Principals, too, will be evaluated, but by the superintendent. The same criteria have been mandated by the Ohio legislature for them: half based on performance and half on the students’ growth measures. Teachers and principals will be rated either accomplished, proficient, developing or ineffective.
Any teacher rated ineffective, Riedthaler said, will be put on an individualized improvement plan.
The current state report cards — on which schools and school districts are rated Excellent with Distinction, Excellent, Effective, Continuous Improvement, Academic Watch or Academic Emergency — will be replaced by ones with A, B, C, D and F letter grades.
Although the state isn’t finished devising the report card — Riedthaler said the ODE is still taking public opinions on it on its website — the grades will be based on six criteria:
- Achievement, against the state standards. This year Woodridge met all but one standard, to be rated Excellent with Distinction;
- Gap closing, checking all demographic groups of students’ gains in reading and math;
- Graduation rate, which will also get an A through F grade;
- Progress, whether the student has achieved one year’s growth in one year;
- K-3 literacy, whether kindergarteners through third-graders are reading at least at grade level; and
- Prepared for success, whether students are ready for college and careers.
The overall grade for the school and/or district will be the composite of all six grades, although Riedthaler said the state has not yet announced how it will arrive at the composite.
Grades will begin in most categories in August 2013, according to the ODE’s site, but overall grades for the schools/districts will not be issued until August 2015.
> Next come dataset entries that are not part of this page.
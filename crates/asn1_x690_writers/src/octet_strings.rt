//! OCTET STRING (X.690 8.7), and octets that are kept by their contents: identifiers (8.19, 8.20) and
//! UTF-8 (8.23.10).

ghost use Rattle.std.specs.Prelude.{◌≡◌, List, ◌+◌, ◌*◌, ◌%◌, ◌^◌, ◌<◌, ◌≤◌, true, false, length};
ghost use Rattle.asn1_schema.specs.declared.tables.Range.{Range};
ghost use Rattle.asn1_bits.specs.Bits.{bits};
ghost use Rattle.asn1_schema.specs.Pieces.{Octets};
ghost use Rattle.asn1_schema.specs.PiecesOfParts.{bits_of, joined};
ghost use Rattle.asn1_x690.specs.Der.{always};
ghost use Rattle.asn1_x690.specs.Leaves.{AreOctets, AreSized, IsKept, leaf_of};
ghost use Rattle.asn1_x690_writers.specs.Put.{AreTooMany, IsPut, LeftAt};
ghost use Rattle.asn1_x691_writers.specs.Put.{IsInFragments, piece_in};
ghost use Rattle.asn1_x691_writers.specs.Validity.{IsValid};

use crate::octets::put_span;
use crate::sizes::has_size;
use asn1_schema::{Fragments, Length, MisfitKind, Part, Span};
use asn1_x690_leaves::are_subidentifiers_here;
use asn1_x691_writers::{
    ContentsKind, Writer, clip, is_valid, leave, put_fragments, reject, size_of_fragments,
};

/// Writes octets of a size that the constraint permits.
#[inline(always)]
pub(crate) fn put_octet_string(
    octets: &mut [u8],
    size: Length,
    is_extensible: bool,
    source: &[u8],
    part: Part,
    node: usize,
    state: &mut Writer,
) -> bool
    requires size { 8 * length octets.old < 2 ^ 64 }
    requires source { 8 * length source.now < 2 ^ 64 }
    ensures { (ranges : List Range) → IsPut (LeftAt (AreTooMany (piece_in ranges source.now part)) node state.new) (leaf_of AreOctets (AreSized is_extensible size) Octets node) (piece_in ranges source.now part)
        octets.old state.old octets.new state.new result }
{
    match part {
        Part::Octets(span) => {
            let inside = clip(source, span);
            if inside.count % 8 > 0 {
                return reject(state, node, MisfitKind::NoEncoding);
            }
            if !has_size(size, is_extensible, inside.count / 8) {
                return reject(state, node, MisfitKind::NoEncoding);
            }
            state.at = put_span(octets, state.at, source, inside.at, inside.count);
            true
        }
        Part::OctetsInFragments(fragments) => {
            put_joined(octets, size, is_extensible, source, fragments, node, state)
        }
        _ => reject(state, node, MisfitKind::OtherPart),
    }
}

/// Writes octets in fragments, of a size that the constraint permits. They must have fewer than 2^64
/// bits.
fn put_joined(
    octets: &mut [u8],
    size: Length,
    is_extensible: bool,
    source: &[u8],
    fragments: Fragments,
    node: usize,
    state: &mut Writer,
) -> bool
    requires size { 8 * length octets.old < 2 ^ 64 }
    requires source { 8 * length source.now < 2 ^ 64 }
    ensures { IsPut (LeftAt (AreTooMany (Octets (joined 8 (bits source.now) fragments))) node state.new) (leaf_of AreOctets (AreSized is_extensible size) Octets node)
        (Octets (joined 8 (bits source.now) fragments)) octets.old state.old octets.new state.new result }
{
    let count = size_of_fragments(source, 8, fragments);
    if count >= 1u128 << 64 {
        return leave(state, node);
    }
    if count % 8 > 0 {
        return reject(state, node, MisfitKind::NoEncoding);
    }
    if !has_size(size, is_extensible, (count / 8) as usize) {
        return reject(state, node, MisfitKind::NoEncoding);
    }
    state.at = put_fragments(octets, state.at, source, fragments, count as usize);
    true
}

/// Returns whether bits of a source are octets of this kind.
#[inline(always)]
fn is_of_kind(kind: ContentsKind, source: &[u8], span: Span) -> bool
    requires size { 8 * length source.now < 2 ^ 64 }
    requires inside { span.at + span.count ≤ 8 * length source.now }
    ensures whole { result ≡ true → span.count % 8 ≡ 0 }
    ensures yes { result ≡ true → IsValid kind (bits_of (bits source.now) span) }
    ensures no { result ≡ false → IsValid kind (bits_of (bits source.now) span) → ⊥ }
{
    if span.count % 8 > 0 {
        return is_valid(kind, source, span);
    }
    match kind {
        ContentsKind::ObjectIdentifier => are_subidentifiers_here(source, span),
        ContentsKind::RelativeIdentifier => are_subidentifiers_here(source, span),
        ContentsKind::Utf8 => is_valid(kind, source, span),
        ContentsKind::Real => is_valid(kind, source, span),
    }
}

/// Writes octets of this kind.
#[inline(always)]
pub(crate) fn put_kept(
    octets: &mut [u8],
    kind: ContentsKind,
    source: &[u8],
    part: Part,
    node: usize,
    state: &mut Writer,
) -> bool
    requires size { 8 * length octets.old < 2 ^ 64 }
    requires source { 8 * length source.now < 2 ^ 64 }
    ensures { (ranges : List Range) → IsPut (LeftAt (IsInFragments part) node state.new) (leaf_of (IsKept (IsValid kind)) always Octets node) (piece_in ranges source.now part)
        octets.old state.old octets.new state.new result }
{
    match part {
        Part::Octets(span) => {
            let inside = clip(source, span);
            if !is_of_kind(kind, source, inside) {
                return reject(state, node, MisfitKind::NoEncoding);
            }
            state.at = put_span(octets, state.at, source, inside.at, inside.count);
            true
        }
        Part::OctetsInFragments(_) => leave(state, node),
        _ => reject(state, node, MisfitKind::OtherPart),
    }
}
In the panel discussion and question/answer session, Linda Fuline, superintendent of the Summit County Educational Service Center, encouraged citizens to contact their state legislators with their ideas about the new standards, assessments and report cards, since these have not been finalized yet.
The legislators “are good people, and they want good education — let them know your concerns,” she said.
Woodridge Treasurer Deanna Levenger also encouraged those present to contact state legislators about Gov. John Kasich’s proposed two-year budget, which is currently being debated in Columbus, since it provides inadequate funding to alleviate Woodridge’s need to rely on local property taxes to fund education that will meet these standards.